River Rose and the Magical Lullaby
- Book cover
- Author: Kelly Clarkson
- Illustrator: Laura Hughes
- Language: English
- Series: River Rose
- Genre: Children's literature
- Publisher: HarperCollins
- Publication date: October 4, 2016
- Publication place: United States
- Pages: 32
- ISBN: 978-0-0624-2756-4
- Followed by: River Rose and the Magical Christmas

= River Rose and the Magical Lullaby =

2016 book by Kelly Clarkson

River Rose and the Magical Lullaby is a children's picture book written by American singer Kelly Clarkson, first published by HarperCollins on October 4, 2016. Illustrated by Laura Hughes, the story centers on a little girl who was too ecstatic to fall asleep on the eve of her first trip to the zoo. The book debuted at number 7 on The New York Times Best Sellers List for Children's Picture Books.

==Premise==
It's a big day for River Rose as she is about to visit the zoo. But when she is too excited to fall asleep the night before, it takes a magical lullaby from her mom to send her off on a dream and musical adventure—soon River Rose is hopscotching with the hippos, slip-sliding with the penguins, and dancing with the big brown bears.

==Background and publication==
River Rose and the Magical Lullaby was inspired by Clarkson's daughter, whom she took to various international locations—such as Vietnam, the United Kingdom, and Australia, while in the midst of a promotional campaign for her seventh studio album, Piece by Piece in 2015. Believing that her daughter was too young to be able to remember the places they visited, she wrote a variety of short stories to accompany a set of photographs she had filmed during their trips abroad for future use. Clarkson later developed those stories into a picture book, in which she remarked that she hoped that other children can also be inspired by it and know they that can achieve anything.

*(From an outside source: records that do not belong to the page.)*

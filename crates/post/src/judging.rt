// Judge: two tables filled from a plan file, or the plan refused as uncontrollable.
ghost use Rattle.std.specs.Prelude.{◌≡◌, ◌*◌, ◌≤◌, length, MatchResult};
ghost use Rattle.rules.specs.Plan.{version1};
ghost use Rattle.rules.specs.Calls.{Judged};
ghost use Rattle.plan.specs.Layout.{plan_of};
ghost use Rattle.plan.specs.File.{file_answer};
ghost use Rattle.post.specs.Lent.{Lent};

use joining::mark_all;
use reader::{SoundPlan, read};
use rules::{Answer, Refusal};
use tables::settle;

// What comes before the work: Sound, then room for two tables of so many cells.
pub fn lent(file: &[u8], strict: usize, open: usize) -> Result<SoundPlan, Refusal>
    ensures { MatchResult result (λ plan. (plan.file ≡ file.entry) × (plan.n * plan.n ≤ strict) × (plan.n * plan.n ≤ «open»)) (λ refusal. Lent file.now strict «open» (Err refusal)) }
{
    let plan = read(file)?;
    let cells = plan.n * plan.n;
    if strict < cells || open < cells {
        return Err(Refusal::ShortRoom);
    }
    Ok(plan)
}

// Judge of a plan, with room: the plan's tables, or the mark in every cell of both.
fn judge_sound(plan: SoundPlan, strict: &mut [i32], open: &mut [i32]) -> Answer
    requires { (plan.n * plan.n ≤ length strict.old) × (plan.n * plan.n ≤ length «open».old) }
    ensures { Judged version1 (file_answer plan.entry.file.now) (plan_of plan.entry.file.now) strict.old «open».old result strict.new «open».new }
{
    if settle(plan, strict, open) {
        return Ok(());
    }
    let cells = plan.n * plan.n;
    mark_all(strict, cells);
    mark_all(open, cells);
    Err(Refusal::NotControllable)
}

// Judge. It looks at the file itself, whatever Sound said of it before: since then it may have changed.
pub fn judge(file: &[u8], strict: &mut [i32], open: &mut [i32]) -> Answer
    ensures { Judged version1 (file_answer file.now) (plan_of file.now) strict.old «open».old result strict.new «open».new }
{
    let plan = lent(file, strict.len(), open.len())?;
    judge_sound(plan, strict, open)
}
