//! The report that is kept.
ghost use Rattle.std.specs.Prelude.{◌≡◌};
ghost use Rattle.std.specs.Option.{option_copied};
ghost use Rattle.claims.specs.Votes.{kept_report, report_of};

use crate::Claim;

/// Of two reports of votes, the one with the greater claim; the first one if the claims are equal.
pub fn keep<'a, V>(
    kept: Option<&'a (Claim, V)>,
    report: Option<&'a (Claim, V)>,
) -> Option<&'a (Claim, V)>
    ensures { report_of (option_copied result)
        ≡ kept_report
        (report_of (option_copied kept.entry))
        (report_of (option_copied report.entry)) }
{
    match (kept, report) {
        (Some(first), Some(second)) => if second.0 > first.0 {
            Some(second)
        } else {
            Some(first)
        },
        (Some(first), None) => Some(first),
        (None, second) => second,
    }
}
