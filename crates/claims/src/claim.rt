//! Claims, and their order.
ghost use Rattle.std.specs.Prelude.{◌≡◌, ◌⊎◌, true, Bool};
ghost use Rattle.claims.specs.Claims.{
  AtMost,
  Below,
  claim_below,
  is_above,
  is_below,
  is_promised,
};

/// A ballot number: its round, and the member that opened it. Claims compare by round, then by
/// member.
#[derive(Clone, Copy, Debug, PartialEq, Eq, PartialOrd, Ord, Hash)]
pub struct Claim {
    /// Rounds begin at 1; 0 is not a round.
    pub round: u64,
    /// The number of the member that opened it, from 0.
    pub member: u8,
}

/// Claims are strictly and totally ordered, by round first. The order is well-founded: what holds
/// of a claim whenever it holds of all below it holds of every claim.
pub fn claims_in_order()
    ensures never_below_itself { (c : Claim) → Below c c → Prim.⊥ }
    ensures in_turn { (c d e : Claim) → Below c d → Below d e → Below c e }
    ensures one_of_three { (c d : Claim) → Below c d ⊎ ((c ≡ d) ⊎ Below d c) }
    ensures at_most { (c d : Claim) → AtMost c d → Below c d ⊎ (c ≡ d) }
    ensures tested { (c d : Claim)
        → (claim_below c d ≡ true → Below c d) × (Below c d → claim_below c d ≡ true) }
    ensures induction { (holds : Claim → Bool)
        → ((d : Claim) → ((e : Claim) → Below e d → holds e ≡ true) → holds d ≡ true)
        → (d : Claim)
        → holds d ≡ true }
{}

/// Whether the claim is above what is promised, which is true if nothing is promised.
pub fn is_above(claim: Claim, promised: Option<Claim>) -> bool
    ensures { result ≡ is_above claim promised }
{
    match promised {
        Some(promised) => claim > promised,
        None => true,
    }
}

/// Whether the claim is the promised one.
pub fn is_promised(claim: Claim, promised: Option<Claim>) -> bool
    ensures { result ≡ is_promised claim promised }
{
    promised == Some(claim)
}

/// Whether the claim is below what is promised, which is false if nothing is promised.
pub fn is_below(claim: Claim, promised: Option<Claim>) -> bool
    ensures { result ≡ is_below claim promised }
{
    match promised {
        Some(promised) => claim < promised,
        None => false,
    }
}
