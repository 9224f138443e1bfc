//! The calls of `dpbn`.
ghost use Rattle.std.specs.Prelude.{◌≡◌, ◌≤◌, ◌⊎◌, [], IfErr, IfOk, codes, map, string_bytes};
ghost use Rattle.std.specs.Io.KnownBytes.{Keeps};
ghost use Rattle.cluster.specs.Printed.{HasCarriedOut, HasPrinted, IsOutputOf};
ghost use Rattle.cluster.specs.Stopped.{
  CannotCarryOut,
  HasFailed,
  HasStopped,
  IsGood,
  RefusesCall,
};
ghost use Rattle.dpbn_cli.specs.Calls.{AreTaken};
ghost use Rattle.dpbr_cli.specs.Explaining.{explanation, release_line};
ghost use Rattle.program_io.specs.Refusals.{IsSystemRefusal, memory_refusal};

use dpbn_build::{build_of_words, node_of_words};
use dpbn_cli::{Call, dpbn_words};
use dpbn_cluster::cluster_of_words;
use dpbn_key::make_key;
use dpbr_cli::{explanation, release_text};
use program_io::{Answer, Refusal, Stop, print};
use std::alloc::Global;
use std::io::Write;

/// Carries out the call that the arguments make, and returns the exit status:
/// - 0;
/// - 3 after a build that says that something isn't held;
/// - 1 after a fault, with one line on `err`, `dpbn: fault N` or `dpbn: fault N at K`;
/// - 2 if the arguments make no call or ask for help, after clap's text on `err`.
///
/// Faults of turns are written to `err`, too, and the turns continue.
///
/// The first argument is the program's name. All nodes' lines are made before the first is written
/// to `out`. If they can't be written, that is fault 2.
pub fn dpbn_main<O: Write, E: Write>(
    rt: &HostRuntime,
    words: &[String],
    out: &mut O,
    err: &mut E,
) -> u8
    ensures status { result ≤ 3 }
    ensures done { result ≡ 0 → HasCarriedOut (map string_bytes words.now) 0 (O.contents out.old)
        (O.contents out.new) }
    ensures unheld { result ≡ 3 → HasCarriedOut (map string_bytes words.now) 3 (O.contents out.old)
        (O.contents out.new) }
    ensures fault { result ≡ 1 → HasFailed (map string_bytes words.now) (O.contents out.old)
        (O.contents out.new) }
    ensures wrong_words { result ≡ 2 → ¬ AreTaken (map string_bytes words.now) }
    ensures quiet { result ≡ 2 → Keeps (O.contents out.old) (O.contents out.new) }
{
    match dpbn_call(rt, words, out, err) {
        Ok(status) => status,
        Err(stop) => {
            let status = stop.status();
            let _ = stop.tell("dpbn", err);
            status
        }
    }
}

/// Carries out the call that the arguments make, and returns the exit status: 0, or 3 after a build
/// that says that something isn't held. The first argument is the program's name.
///
/// # Errors
///
/// `WrongWords` if the arguments make no call; `Refused` if something that the call is given is
/// bad, or memory ran out; `Unwritten` if a write to `out` failed.
fn dpbn_call<O: Write, E: Write>(
    rt: &HostRuntime,
    words: &[String],
    out: &mut O,
    err: &mut E,
) -> Result<u8, Stop>
    ensures status { IfOk result (λ status. (status ≡ 0) ⊎ (status ≡ 3)) }
    ensures done { IfOk result (λ status. HasCarriedOut (map string_bytes words.now) status
        (O.contents out.old) (O.contents out.new)) }
    ensures stopped { IfErr result (λ stop. HasStopped (map string_bytes words.now) stop
        (O.contents out.old) (O.contents out.new)) }
{
    let call = dpbn_words(rt.alloc(), words)?;
    carry_out(rt, &call, out, err)
}

/// Prints what the call asks for, and returns its status.
fn carry_out<O: Write, E: Write>(
    rt: &HostRuntime,
    call: &Call<'_>,
    out: &mut O,
    err: &mut E,
) -> Result<u8, Stop>
    requires { IsGood call.now }
    ensures status { IfOk result (λ status. (status ≡ 0) ⊎ (status ≡ 3)) }
    ensures printed { IfOk result
        (λ status. HasPrinted call.now status (O.contents out.old) (O.contents out.new)) }
    ensures stopped { IfErr result
        (λ stop. CannotCarryOut call.now stop (O.contents out.old) (O.contents out.new)) }
{
    let answer = answer_to(rt, call, err)?;
    match print(out, answer.text.as_slice()) {
        Ok(()) => Ok(answer.status),
        Err(_) => Err(Stop::Unwritten(Refusal::device())),
    }
}

fn answer_to<E: Write>(rt: &HostRuntime, call: &Call<'_>, err: &mut E) -> Result<Answer, Refusal>
    requires { IsGood call.now }
    ensures output { IfOk result
        (λ answer. IsOutputOf call.now answer.status answer.text.items) }
    ensures status { IfOk result (λ answer. (answer.status ≡ 0) ⊎ (answer.status ≡ 3)) }
    ensures refused { IfErr result (RefusesCall call.now) }
{
    match call {
        Call::Cluster { files, trace } => cluster_of_words(rt, files, *trace, err),
        Call::Node {
            files,
            me,
            peers,
            patience,
            run,
        } => node_of_words(rt, files, *me, peers, *patience, run, err),
        Call::Build {
            site,
            me,
            peers,
            patience,
            run,
        } => build_of_words(rt, site, *me, peers, *patience, run, err),
        Call::Key { file } => made_key(rt, file),
        Call::Explain { number } => explained(rt.alloc(), *number),
        Call::Release => release(rt.alloc()),
    }
}

/// The explanation of a fault.
fn explained(alloc: Global, number: u16) -> Result<Answer, Refusal>
    ensures output { IfOk result
        (λ answer. (answer.status ≡ 0) × (answer.text.items ≡ explanation number)) }
    ensures refused { IfErr result (λ r. r ≡ memory_refusal) }
{
    let text = explanation(alloc, number)?.into_bytes();
    Ok(Answer { text, status: 0 })
}

/// The program's name and its release.
fn release(alloc: Global) -> Result<Answer, Refusal>
    ensures output { IfOk result
        (λ answer. (answer.status ≡ 0) × (answer.text.items ≡ release_line (codes "dpbn"))) }
    ensures refused { IfErr result (λ r. r ≡ memory_refusal) }
{
    let text = release_text(alloc, "dpbn")?.into_bytes();
    Ok(Answer { text, status: 0 })
}

/// Makes a file with a new key, and returns an empty text.
fn made_key(rt: &HostRuntime, file: &str) -> Result<Answer, Refusal>
    ensures output { IfOk result (λ answer. (answer.status ≡ 0) × (answer.text.items ≡ [])) }
    ensures refused { IfErr result IsSystemRefusal }
{
    match make_key(rt, file) {
        Ok(()) => Ok(Answer {
            text: Vec::new(rt.alloc()),
            status: 0,
        }),
        Err(fault) => Err(Refusal::of(&fault)),
    }
}
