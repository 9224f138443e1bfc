//! What a host is to build.
ghost use Rattle.std.specs.Prelude.{◌≡◌, IfOk};
ghost use Rattle.claims.specs.Deps.{AreAscending, AreInOrder};

use crate::{Claim, Deps};
use faults::Memory;
use pkgpath::PkgPath;
use std::alloc::Global;
use std::marker::Model;

/// The build that a claim leads to: the name of the unit, the paths of its packages, the host that
/// builds them, and the dependencies that they are built on. Paths and dependencies are in
/// ascending order of path, without repetition. The code that makes a job proves that.
#[derive(Drop)]
pub struct Job {
    /// The name of the unit: its only package's path, or the path without subpackage that its
    /// packages share.
    pub path: PkgPath,
    /// The paths of the packages to build.
    pub packages: Vec<PkgPath>,
    pub claim: Claim,
    pub host: u16,
    pub deps: Deps,
}

impl Model for Job {
    ghost use Rattle.claims.specs.Job.{Task};

    ghost Value = { Task };

    ghost use Rattle.claims.specs.inside.Job.{IsInOrder, task_of};

    ghost view = { task_of };

    ghost invariant = { IsInOrder };
}

impl Job {
    /// The paths of the packages to build, in ascending order, without repetition.
    pub fn packages(&self) -> &[PkgPath]
        ensures packages { result.now ≡ self.now.packages }
        ensures in_order { AreAscending self.now.packages }
    {
        self.packages.as_slice()
    }

    /// The dependencies, in ascending order of path, without repetition.
    pub fn deps(&self) -> &Deps
        ensures deps { result.now ≡ self.now.deps }
        ensures in_order { AreInOrder self.now.deps }
    {
        &self.deps
    }

    /// An equal job.
    pub fn copy(&self) -> Result<Job, Memory>
        ensures { IfOk result (λ job. job ≡ self.now) }
    {
        let path = self.path.copy()?;
        let packages = copy_paths(self.packages.as_slice(), *self.packages.allocator())?;
        let deps = self.deps.copy()?;
        Ok(Job {
            path,
            packages,
            claim: self.claim,
            host: self.host,
            deps,
        })
    }
}

/// Copies of the paths, in their order.
fn copy_paths(paths: &[PkgPath], alloc: Global) -> Result<Vec<PkgPath>, Memory>
    ensures { IfOk result (λ copies. copies.items ≡ paths.now) }
{
    let mut copies = Vec::with_capacity(alloc, paths.len())?;
    for path in paths {
        copies.push(path.copy()?)?;
    }
    Ok(copies)
}
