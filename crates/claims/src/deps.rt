//! Dependencies with their digests.
ghost use Rattle.std.specs.Prelude.{◌≡◌, IfOk};

use faults::Memory;
use pkgname::PkgName;
use pkgpath::PkgPath;
use std::alloc::Global;
use std::marker::Model;

/// The signature of a package that a build is made on: its path, its name, and the SHA-256 of its
/// record's text.
#[derive(Drop)]
pub struct Dep {
    pub path: PkgPath,
    pub name: PkgName,
    pub digest: [u8; 32],
}

impl Dep {
    /// An equal signature.
    pub fn copy(&self) -> Result<Dep, Memory>
        ensures { IfOk result (λ dep. dep ≡ self.now) }
    {
        let path = self.path.copy()?;
        let name = self.name.copy()?;
        Ok(Dep {
            path,
            name,
            digest: self.digest,
        })
    }

    /// An equal signature, which uses the given texts of its package.
    fn with_texts<T: Texts>(self, texts: &T) -> Dep
        ensures { result ≡ self }
    {
        let digest = self.digest;
        let (path, name) = texts.package(self.path, self.name);
        Dep { path, name, digest }
    }
}

/// A source of the texts of paths and names, for others to share.
pub trait Texts {
    /// An equal path. If the source has its text, it shares that.
    fn path(&self, path: PkgPath) -> PkgPath
        ensures { result ≡ path };

    /// The equal path and name of one package. If the source has their texts, they share these.
    fn package(&self, path: PkgPath, name: PkgName) -> (PkgPath, PkgName)
        ensures { result ≡ (path, name) };
}

/// A list of dependencies, in any order. Contracts see it as such.
#[derive(Drop)]
pub struct Deps {
    items: Vec<Dep>,
}

impl Model for Deps {
    ghost use Rattle.std.specs.Prelude.{List};
    ghost use Rattle.claims.specs.declared.deps.Dep.{Dep};

    ghost Value = { List Dep };

    ghost view = { λ d. d.items.items };
}

impl Deps {
    /// The list of these, in their order.
    pub fn new(items: Vec<Dep>) -> Deps
        ensures { result ≡ items.items }
    {
        Deps { items }
    }

    /// The dependencies, in the list's order.
    pub fn into_vec(self) -> Vec<Dep>
        ensures { result.items ≡ self }
    {
        self.items
    }

    /// The dependencies, in the list's order.
    pub fn as_slice(&self) -> &[Dep]
        ensures { result.now ≡ self.now }
    {
        self.items.as_slice()
    }

    /// An equal list.
    pub fn copy(&self) -> Result<Deps, Memory>
        ensures { IfOk result (λ deps. deps ≡ self.now) }
    {
        let alloc: Global = *self.items.allocator();
        let all = self.items.as_slice();
        let mut items = Vec::with_capacity(alloc, all.len())?;
        for dep in all {
            items.push(dep.copy()?)?;
        }
        Ok(Deps { items })
    }

    /// An equal list, which uses the given texts of its packages, without spare capacity.
    pub fn with_texts<T: Texts>(self, texts: &T) -> Result<Deps, Memory>
        ensures { IfOk result (λ deps. deps ≡ self) }
    {
        let alloc: Global = *self.items.allocator();
        let mut items = Vec::with_capacity(alloc, self.items.len())?;
        for dep in self.items {
            items.push(dep.with_texts(texts))?;
        }
        Ok(Deps { items })
    }
}
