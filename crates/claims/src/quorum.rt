//! Weighted majorities.
ghost use Rattle.std.specs.Prelude.{
  ◌≡◌,
  ◌≤◌,
  ◌*◌,
  ◌++◌,
  ◌∷◌,
  [],
  ℕ,
  Bool,
  true,
  List,
  count_by,
  length,
  nat_lt,
  replicate,
};
ghost use Rattle.claims.specs.Quorums.{Members, is_majority, flagged_in, named_in, with_member};

/// Any two majorities share a member, and every superset of a majority is a majority. If each
/// member weighs 1, a set given by flags is a majority if twice its number of members exceeds the
/// number of all members.
pub fn majorities_meet()
    ensures meet { (weights : List ℕ) (S R : Members)
        → is_majority weights S ≡ true
        → is_majority weights R ≡ true
        → (k : ℕ) × (S k ≡ true) × (R k ≡ true) }
    ensures grow { (weights : List ℕ) (S R : Members)
        → ((k : ℕ) → S k ≡ true → R k ≡ true)
        → is_majority weights S ≡ true
        → is_majority weights R ≡ true }
    ensures counted { (flags : List Bool)
        → is_majority (replicate (length flags) 1) (flagged_in flags)
        ≡ nat_lt (length flags) (2 * count_by (λ flag. flag) flags) }
{}

/// Adding a member to a list adds it to the set that the list names, even if it was already in it.
pub fn members_join()
    ensures { (members : List ℕ) (m k : ℕ)
        → named_in (members ++ m ∷ []) k ≡ with_member (named_in members) m k }
{}

/// Whether the members are a majority; member k's weight is at index k. A member counts once,
/// however often it is named.
pub fn is_majority(weights: &[u8], members: &[u8]) -> bool
    requires { length weights.now ≤ 256 }
    ensures { result ≡ is_majority weights.now (named_in members.now) }
{
    let mut all = 0u32;
    let mut named = 0u32;
    for (member, weight) in weights.iter().enumerate() {
        let weight = u32::from(*weight);
        all += weight;
        if members.contains(&(member as u8)) {
            named += weight;
        }
    }
    all < 2 * named
}
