//! The laws of one path's agreement.
ghost use Rattle.std.specs.Prelude.{
  ◌≡◌,
  ◌++◌,
  ◌∷◌,
  [],
  ℕ,
  Bool,
  true,
  List,
  Option,
  None,
  Some,
  IfSome,
  take,
};
ghost use Rattle.claims.specs.Claims.{AtMost, Claim};
ghost use Rattle.claims.specs.Quorums.{AreQuorums, Quorums, is_majority, nobody, with_member};
ghost use Rattle.claims.specs.Votes.{
  Ballot,
  Has,
  IsChosen,
  IsLawful,
  PromiseOf,
  VoteOf,
  ballot,
  kept_report,
};
ghost use Rattle.claims.specs.Messages.{Message, Nay, Offer, Propose, Vote};
ghost use Rattle.claims.specs.Noted.{IsClosedWhereHeld, IsNoted};
ghost use Rattle.claims.specs.Member.{
  Member,
  Closed,
  Gathering,
  Held,
  Opened,
  Promised,
  Voted,
  Voting,
  facts_of,
  restored,
};
ghost use Rattle.claims.specs.Step.{
  Input,
  answer,
  on_message,
  notes_and_says,
  on_offer,
  on_promise,
  on_propose,
  on_start,
  on_vote,
  says,
  still,
};
ghost use Rattle.claims.specs.World.{Event, IsLawfulWorld, WasProposed, run, start};
ghost use Rattle.claims.specs.Agreed.{IsAgreed, IsBuilt, IsValue, agreed_value};
ghost use Rattle.claims.specs.Examples.{bound_to, claim, plain, taken_over, three};

/// A proposal at or above a chosen one has its value. So any two chosen ballots have the same
/// value.
pub fn chosen_stays<V>()
    ensures repeats { (enough : Quorums)
        → AreQuorums enough
        → (proposals : List (Ballot V)) (promises : List (PromiseOf V)) (votes : List (VoteOf V))
        → IsLawful V enough (Has proposals) (Has promises) (Has votes)
        → (b d : Ballot V)
        → IsChosen V enough (Has votes) b
        → Has proposals d
        → AtMost b.claim d.claim
        → d.value ≡ b.value }
    ensures one_value { (enough : Quorums)
        → AreQuorums enough
        → (proposals : List (Ballot V)) (promises : List (PromiseOf V)) (votes : List (VoteOf V))
        → IsLawful V enough (Has proposals) (Has promises) (Has votes)
        → (a b : Ballot V)
        → IsChosen V enough (Has votes) a
        → IsChosen V enough (Has votes) b
        → a.value ≡ b.value }
{}

/// Whatever is lost, repeated, reordered or stopped, what is proposed, promised and voted stays
/// lawful. Each proposal at or above an agreed one repeats its value. At most one value is agreed,
/// for good. What a member holds is agreed, and what is agreed was built.
pub fn agrees_on_one_value<V>()
    ensures lawful { (enough : Quorums)
        → AreQuorums enough
        → (events : List (Event V))
        → IsLawfulWorld enough (run enough events start) }
    ensures repeats { (enough : Quorums)
        → AreQuorums enough
        → (events : List (Event V)) (b d : Ballot V)
        → IsAgreed enough (run enough events start) b
        → WasProposed (run enough events start) d
        → AtMost b.claim d.claim
        → d.value ≡ b.value }
    ensures one_value { (enough : Quorums)
        → AreQuorums enough
        → (early late : List (Event V)) (a b : Ballot V)
        → IsAgreed enough (run enough early start) a
        → IsAgreed enough (run enough (early ++ late) start) b
        → a.value ≡ b.value }
    ensures value { (enough : Quorums)
        → AreQuorums enough
        → (events : List (Event V))
        → IsValue enough (run enough events start) (agreed_value enough events) }
    ensures stays { (enough : Quorums) (early late : List (Event V)) (v : V)
        → agreed_value enough early ≡ Some v
        → agreed_value enough (early ++ late) ≡ Some v }
    ensures held { (enough : Quorums)
        → AreQuorums enough
        → (events : List (Event V)) (i : ℕ) (v : V)
        → ((run enough events start).members i).held ≡ Some v
        → agreed_value enough events ≡ Some v }
    ensures built { (enough : Quorums)
        → AreQuorums enough
        → (events : List (Event V)) (v : V)
        → agreed_value enough events ≡ Some v
        → IsBuilt enough start events v }
{}

/// The laws of `agrees_on_one_value` for weighted majorities, without a premise.
pub fn majorities_agree<V>()
    ensures value { (weights : List ℕ) (events : List (Event V))
        → let enough = is_majority weights in
        IsValue enough (run enough events start) (agreed_value enough events) }
    ensures stays { (weights : List ℕ) (early late : List (Event V)) (v : V)
        → agreed_value (is_majority weights) early ≡ Some v
        → agreed_value (is_majority weights) (early ++ late) ≡ Some v }
    ensures held { (weights : List ℕ) (events : List (Event V)) (i : ℕ) (v : V)
        → ((run (is_majority weights) events start).members i).held ≡ Some v
        → agreed_value (is_majority weights) events ≡ Some v }
    ensures built { (weights : List ℕ) (events : List (Event V)) (v : V)
        → agreed_value (is_majority weights) events ≡ Some v
        → IsBuilt (is_majority weights) start events v }
{}

/// After every list of events a member's facts are those that its notes restore, so a member may
/// forget everything except its notes. If a member holds the value, it has no open claim. A value
/// that is held is held for good.
pub fn notes_restore_facts<V>()
    ensures restored { (enough : Quorums) (events : List (Event V)) (i : ℕ)
        → facts_of ((run enough events start).members i)
        ≡ restored ((run enough events start).logs i) }
    ensures closed { (enough : Quorums) (events : List (Event V)) (i : ℕ) (v : V)
        → ((run enough events start).members i).held ≡ Some v
        → ((run enough events start).members i).stage ≡ Closed }
    ensures stays { (enough : Quorums) (early late : List (Event V)) (i : ℕ) (v : V)
        → ((run enough early start).members i).held ≡ Some v
        → ((run enough (early ++ late) start).members i).held ≡ Some v }
{}

/// A step changes a member's facts only by what it notes, whatever the input or message. A member
/// that holds the value has no open claim, and has none after the step.
pub fn steps_are_noted<V>()
    ensures message { (enough : Quorums) (x : Member V)
        → IsClosedWhereHeld x.held x.stage
        → (i : ℕ) (message : Message V)
        → IsNoted V x (on_message enough i x message) }
    ensures input { (enough : Quorums) (x : Member V)
        → IsClosedWhereHeld x.held x.stage
        → (i : ℕ) (sent : List (Message V)) (input : Input V)
        → IfSome (answer enough i x sent input) (IsNoted V x) }
{}

/// Three members do agree, even if one takes over from another.
pub fn members_do_agree()
    ensures plain { agreed_value (is_majority three) plain ≡ Some 7 }
    ensures held { ((run (is_majority three) plain start).members 2).held ≡ Some 7 }
    ensures not_before { agreed_value (is_majority three) (take 7 plain) ≡ None }
    ensures taken_over { agreed_value (is_majority three) taken_over ≡ Some 7 }
{}

/// What a careless member would get wrong, at certain claims and values.
pub fn members_are_careful()
    ensures no_vote_below_the_promise { let x = bound_to (claim 2 1) None Closed in
        on_propose 3 x (ballot (claim 2 0) 7) ≡ says x (Nay 3 (claim 2 0) (Some (claim 2 1))) }
    ensures no_promise_below_the_promise { let x = bound_to (claim 2 1) None Closed in
        on_offer 3 x (claim 2 0) ≡ says x (Nay 3 (claim 2 0) (Some (claim 2 1))) }
    ensures no_promise_after_the_vote { let vote = ballot (claim 2 1) 7 in
        let x = bound_to (claim 2 1) (Some vote) Closed in
        on_offer 3 x (claim 2 1) ≡ says x (Nay 3 (claim 2 1) (Some (claim 2 1))) }
    ensures bound_by_its_vote { let x = bound_to (claim 1 0) None Closed in
        (on_propose 3 x (ballot (claim 2 1) 7)).member.promised ≡ Some (claim 2 1) }
    ensures no_vote_twice { let x = bound_to (claim 2 1) (Some (ballot (claim 2 1) 7)) Closed in
        on_propose 3 x (ballot (claim 2 1) 7) ≡ says x (Vote 3 (claim 2 1)) }
    ensures no_count_twice { let once = with_member nobody 2 in
        let x = bound_to (claim 1 0) None (Voting (ballot (claim 1 0) 7) once) in
        on_vote (is_majority three) x x.stage 2 (claim 1 0)
        ≡ still (record x { stage = Voting (ballot (claim 1 0) 7) (with_member once 2) }) }
    ensures greatest_report { (a b c : ℕ)
        → kept_report
        (kept_report (Some (ballot (claim 1 2) a)) (Some (ballot (claim 1 2) b)))
        (Some (ballot (claim 2 0) c))
        ≡ Some (ballot (claim 2 0) c) }
    ensures reported_value_again { let two = claim 2 1 in
        let x = bound_to two None (Gathering two (with_member nobody 1) None) in
        let report = Some (ballot (claim 1 0) 7) in
        let promise : PromiseOf ℕ = record { member = 2; claim = two; report = report } in
        on_promise (is_majority three) x x.stage promise
        ≡ says (record x { stage = Voting (ballot two 7) nobody }) (Propose (ballot two 7)) }
    ensures new_round_each_time { let x = bound_to (claim 1 0) None Closed in
        on_start 0 x None 0
        ≡ Some (notes_and_says
        (record x { opened = 2; stage = Gathering (claim 2 0) nobody None })
        (Opened 2)
        (Offer (claim 2 0))) }
    ensures first_of_equal_reports { (a b : ℕ)
        → kept_report (Some (ballot (claim 1 2) a)) (Some (ballot (claim 1 2) b))
        ≡ Some (ballot (claim 1 2) a) }
    ensures restored { (a b : ℕ)
        → let vote = ballot (claim 1 0) a in
        let late = Held b ∷ Held a ∷ Promised (claim 1 1) ∷ [] in
        restored (late ++ Voted vote ∷ Promised (claim 1 0) ∷ Opened 1 ∷ [])
        ≡ record { opened = 1; promised = Some (claim 1 1); voted = Some vote; held = Some a } }
{}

On February 9, 2016, David Linker of HarperCollins acquired the worldwide publishing rights for the book from the Creative Artists Agency, which it plans to publish on October 4, 2016. HarperCollins also announced an original lullaby recording written and performed by Clarkson would accompany the book in its release. The book, released for sale on October 4, 2016, includes a link to a HarperCollins' website where the lullaby, "River Rose's Magical Lullaby", can be heard. The HarperCollins' website also directs the user to SoundCloud as a means to stream the recording. "River Rose's Magical Lullaby" was released as a promotional single digital download to online music stores or available to stream through music streaming services.

On October 3, 2016, the day before the book's street date, a lyric video for the book's lullaby was uploaded to Clarkson's official YouTube channel.

==Critical reception==
Prior to release of the book, Michelle Lynn praised it, stating that the book "exceeded all expectations." She noted that "the pictures are emotive and cute. The words flow off your tongue, making it much more pleasant to read the same book a million times" and "the rhymes never once lean toward the cheesy side". She concluded the review on a positive note, saying that "there isn't a single thing not to like about this story or the way it's presented".